Efeitos do vírus no organismo

O principal efeito da presença do vírus HDV é a inflamação crônica do fígado, evidência considerada “forte” quando se trata das características-chave de carcinógenos. Em pacientes coinfectados, o quadro é ainda mais exacerbado.

“Essa inflamação mais intensa leva a maior fibrose, mais cirrose e maior risco de câncer”, afirma a presidente da Sociedade Brasileira de Oncologia Clínica (SBOC), Angélica Nogueira.

A oncologista explica que a cirrose também é um grande fator de risco para o câncer de fígado. Por isso, pacientes com cirrose ou hepatites crônicas devem ser monitorados regularmente, realizando a cada três meses exames de ultrassom e de alfa-fetoproteína, proteína que aumenta seus índices no fígado em caso de tumor.

“Esse rastreio permite uma detecção precoce e aumenta as chances de uma cirurgia curativa, por exemplo”, comenta Angélica.

Além da ressecção do fígado para a retirada do tumor, outra forma de tratamento pode ser a ablação por radiofrequência, que utiliza ondas de alta energia para a destruição de tumores, sem precisar retirá-los. Também podem ser consideradas opções como tratamento medicamentoso com drogas-alvo ou transplante do órgão.

Subnotificação

A decisão da Iarc foi baseada nas evidências de 15 estudos que indicaram “uma associação positiva, consistente e forte” entre a infecção por HDV e o aumento do risco do carcinoma hepatocelular. Esse risco também foi apontado em pesquisas que “consideraram potenciais fatores de confusão”, como infecção por HIV ou consumo de álcool.

A conclusão da agência da OMS foi publicada na revista The Lancet Oncology. Segundo o estudo, cerca de 0,1% a 1% da população mundial possui hepatite D. Entre quem possui o vírus HBV, a taxa de infecção pelo HDV é de 1% a 10%.

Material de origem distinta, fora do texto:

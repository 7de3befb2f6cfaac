//! The file of numbers: the greatest numbers that the files and subfolders of a folder were given,
//! so that no number is given again after its file was moved away.
ghost use Rattle.std.specs.Prelude.{◌≡◌, IfOk, OnOk, OnErr, true};

use crate::kept_numbers::{KeptNumbers, NumbersCalls};
use crate::location::{GREATEST, Layout, Location};
use crate::names::EntryKind;
use std::alloc::{AllocError, Allocator};
use std::fs::{File, OpenFile};
use std::io::{Error, ErrorKind, Read, Write};
use std::rt::Files;
use std::{fmt, fs, io};

/// How many numbers of files each write of the file of numbers reserves.
const AHEAD: u32 = 100;

/// The size in bytes of the line in the file: two names, a space between them, and a line feed.
const LINE: usize = 18;

/// The greatest numbers that may have been given: to a file of a folder without subfolders, and to
/// a subfolder.
#[derive(Clone, Copy, Debug, PartialEq, Eq)]
pub(crate) struct Numbers {
    file: u32,
    folder: u32,
}

/// Prints the line of the file of numbers, as `I0000100 S0000007`.
impl fmt::Display for Numbers {
    fn fmt<W: fmt::Write>(&self, f: &mut fmt::Formatter<W>) -> fmt::Result {
        let file = EntryKind::File.name(self.file);
        let folder = EntryKind::Folder.name(self.folder);
        writeln!(f, "{file} {folder}")
    }
}

impl Numbers {
    ghost use Rattle.folder_filing.specs.Numbers.{Continues, Keeps, is_covered, numbers_of};

    /// The numbers before any is given.
    pub(crate) const NONE: Numbers = Numbers { file: 0, folder: 0 };

    /// Reads the line of the file of numbers. Returns `None` if the line has another form.
    fn of_line(line: &[u8]) -> Option<Numbers>
        ensures { result ≡ numbers_of line.now }
    {
        if line.len() != LINE || !line[8..].starts_with(b" ") || !line[17..].starts_with(b"\n") {
            return None;
        }
        let file = EntryKind::File.number_in_bytes(&line[..8])?;
        let folder = EntryKind::Folder.number_in_bytes(&line[9..17])?;
        Some(Numbers { file, folder })
    }

    /// Returns whether these numbers cover this location: the number of its file or, with
    /// subfolders, that of its subfolder. Only covered numbers are given.
    fn covers(self, layout: Layout, location: Location) -> bool
        ensures { result ≡ is_covered layout self location }
    {
        match layout {
            Layout::Flat => location.file <= self.file,
            Layout::Levels { .. } => location.folder <= self.folder,
        }
    }

    /// Returns the numbers to write before the number of this location is given: these, if they
    /// cover it. Else, without subfolders, they reserve 100 numbers, starting with it.
    fn with(self, layout: Layout, location: Location) -> Numbers
        ensures covers { is_covered layout result location ≡ true }
        ensures keeps { Keeps self result }
    {
        if self.covers(layout, location) {
            return self;
        }
        match layout {
            Layout::Flat => Numbers {
                file: location
                    .file
                    .max(GREATEST.min(location.file.saturating_add(AHEAD - 1))),
                folder: self.folder,
            },
            Layout::Levels { .. } => Numbers {
                file: self.file,
                folder: location.folder,
            },
        }
    }

    /// Returns the greater file number and the greater folder number of two pairs.
    pub(crate) fn max(self, other: Numbers) -> Numbers
        ensures keeps { Keeps self result }
        ensures other { Keeps other result }
    {
        Numbers {
            file: self.file.max(other.file),
            folder: self.folder.max(other.folder),
        }
    }

    /// Returns the location after which the next file is numbered, given the location of the last
    /// file that was found: not before any number that may have been given. With subfolders, it is
    /// the last of a subfolder, so that a new subfolder is used.
    pub(crate) fn last(self, layout: Layout, found: Location) -> Location
        ensures { Continues layout self found result }
    {
        match layout {
            Layout::Flat => Location {
                folder: found.folder,
                file: found.file.max(self.file),
            },
            Layout::Levels { per } => Location {
                folder: found.folder.max(self.folder),
                file: per,
            },
        }
    }
}

/// The file of numbers: its path and its contents.
#[derive(Drop)]
pub(crate) struct NumbersFile<A: Allocator> {
    path: String<A>,
    kept: KeptNumbers,
}

/// Returns the folder part of a path, or `.` if it has none.
fn folder_of(path: &str) -> &str {
    match path.rsplit_once('/') {
        Some(("", _)) => "/",
        Some((folder, _)) => folder,
        None => ".",
    }
}

/// Replaces the file by one with these numbers, and syncs it and its folder. The new file is
/// written next to it, with `.new` appended to its name, and renamed. Whatever has that name is
/// removed first and not written to, since it may be a link.
fn replace<R: Files + Alloc>(rt: &R, path: &str, numbers: Numbers) -> io::Result<KeptNumbers>
    ensures { IfOk result (λ kept. kept ≡ record { numbers = numbers; is_on_disk = true }) }
{
    let mut calls = NumbersCalls::new();
    let draft = format!(in rt.alloc(); "{path}.new")?;
    let line = format!(in rt.alloc(); "{numbers}")?;
    let _ = fs::remove_file(rt, draft.as_str());
    let mut file = File::create_new(rt, draft.as_str())?;
    file.write_all(line.as_bytes())?;
    calls.sync_file(&file)?;
    calls.rename(rt, draft.as_str(), path)?;
    calls.sync_folder(rt, folder_of(path))?;
    Ok(KeptNumbers::on_disk(numbers, &calls))
}

/// Reads the file, or returns `None` if it does not exist.
///
/// Fails with `InvalidData` if the file has anything other than one line of two numbers.
fn read<R: Files + Alloc>(rt: &R, path: &str) -> io::Result<Option<Numbers>> {
    let file = match fs::open(rt, path) {
        Ok(file) => file,
        Err(error) if error.kind() == ErrorKind::NotFound => return Ok(None),
        Err(error) => return Err(error),
    };
    let mut line = Vec::new(rt.alloc());
    file.take(LINE as u64 + 1).read_to_end(&mut line)?;
    match Numbers::of_line(line.as_slice()) {
        Some(numbers) => Ok(Some(numbers)),
        None => Err(Error::new(ErrorKind::InvalidData, "it has no line of two numbers")),
    }
}

impl<A: Allocator> NumbersFile<A> {
    ghost use Rattle.folder_filing.specs.Numbers.{Keeps, is_covered};

    /// Reads the file of numbers, or creates it if it does not exist.
    ///
    /// Fails with `InvalidData` if the file has anything other than one line of two numbers, and if
    /// it cannot be read or created.
    pub(crate) fn open<R: Files + Alloc<A = A>>(rt: &R, path: &str) -> io::Result<NumbersFile<A>> {
        let kept = match read(rt, path)? {
            Some(numbers) => KeptNumbers::found(numbers),
            None => replace(rt, path, Numbers::NONE)?,
        };
        let path = String::from_str(rt.alloc(), path)?;
        Ok(NumbersFile { path, kept })
    }

    /// Returns a copy for another filing of the folder. Fails if memory runs out.
    pub(crate) fn duplicate(&self, alloc: A) -> Result<NumbersFile<A>, AllocError>
        ensures same { IfOk result (λ file. file.kept ≡ self.now.kept) }
    {
        let path = String::from_str(alloc, self.path.as_str())?;
        Ok(NumbersFile {
            path,
            kept: self.kept,
        })
    }

    /// Records the numbers that another filing of the folder has written to the file.
    pub(crate) fn take_over(&mut self, kept: KeptNumbers)
        ensures keeps { Keeps self.old.kept.numbers self.new.kept.numbers }
        ensures covers { Keeps kept.numbers self.new.kept.numbers }
    {
        self.kept = self.kept.later(kept);
    }

    /// Returns the greatest numbers that may have been given.
    pub(crate) fn kept(&self) -> KeptNumbers
        ensures { result ≡ self.now.kept }
    {
        self.kept
    }

    /// Makes sure that the file covers the number of this location and, with `has_sync`, has its
    /// numbers on the disk: else writes and syncs it. Numbers that were found in the file may not
    /// be there after a loss of power: a killed program may have renamed the file, but not synced
    /// its folder.
    ///
    /// Fails if the file cannot be written; then the numbers are unchanged.
    pub(crate) fn keep<R: Files + Alloc<A = A>>(
        &mut self,
        rt: &R,
        layout: Layout,
        location: Location,
        has_sync: bool,
    ) -> io::Result<()>
        ensures kept { OnOk result (is_covered layout self.new.kept.numbers location ≡ true) }
        ensures on_disk { has_sync ≡ true → OnOk result (self.new.kept.is_on_disk ≡ true) }
        ensures keeps { Keeps self.old.kept.numbers self.new.kept.numbers }
        ensures failed { OnErr result (self.new.kept ≡ self.old.kept) }
    {
        let numbers = self.kept.numbers();
        if numbers.covers(layout, location) && (self.kept.is_on_disk() || !has_sync) {
            return Ok(());
        }
        self.kept = replace(rt, self.path.as_str(), numbers.with(layout, location))?;
        Ok(())
    }
}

No Brasil, 169 pessoas contraíram o vírus HDV em 2024, segundo os dados do último Boletim Epidemiológico de Hepatites Virais. No entanto, o número de casos deve ser maior, devido à subnotificação.

Fabiana Siroma Callegaro, infectologista do Instituto Emílio Ribas e do Hospital Sírio-Libanês, explica que a hepatite D é marginalizada por estar restrita a algumas regiões do mundo. “Muitas vezes, (o profissional de saúde) se esquece de fazer o diagnóstico em pessoas que vêm com diagnóstico de hepatite B dessas localidades”, afirma.

No Brasil, 123 dos 169 casos foram registrados na região Norte, representando mais de 72% do total. O Estado de Rondônia lidera o número de diagnósticos, com 56 no último ano, seguido do Amazonas, com 52.

Fabiana ressalta que a infecção pelo HDV pode ocorrer mesmo nos pacientes em que os sintomas da hepatite B estejam controlados. Nesses casos, a infecção pelo novo vírus faz ressurgirem os problemas, incluindo icterícia, febre, fadiga e elevação de enzimas chamadas transaminases.

“Você pode ter um paciente com uma baixa carga viral para o vírus HBV, apesar de uma transaminase elevada. Por isso se faz necessário falar da hepatite Delta, principalmente se for alguém que veio de um local onde a doença é endêmica.”

Prevenção

Tanto Angélica quanto Fabiana explicam que a melhor forma de prevenção contra a hepatite D é a vacinação contra hepatite B.

“A prevenção primária é o ideal. Se não tiver a coinfecção do vírus Delta com o vírus HBV, não haverá essa chance de estabelecimento que irá levar à cirrose”, afirma a presidente da SBOC.

Fabiana acrescenta que o tratamento para a doença ainda não é eficaz. Ele pode durar de um a dois anos e possui baixa taxa de resposta. “A medicação que temos no Brasil é injetável semanalmente e traz vários efeitos colaterais. Muitos pacientes não podem usar.”

Além disso, o tratamento não promove a cura da doença, visa apenas controlar os danos hepáticos.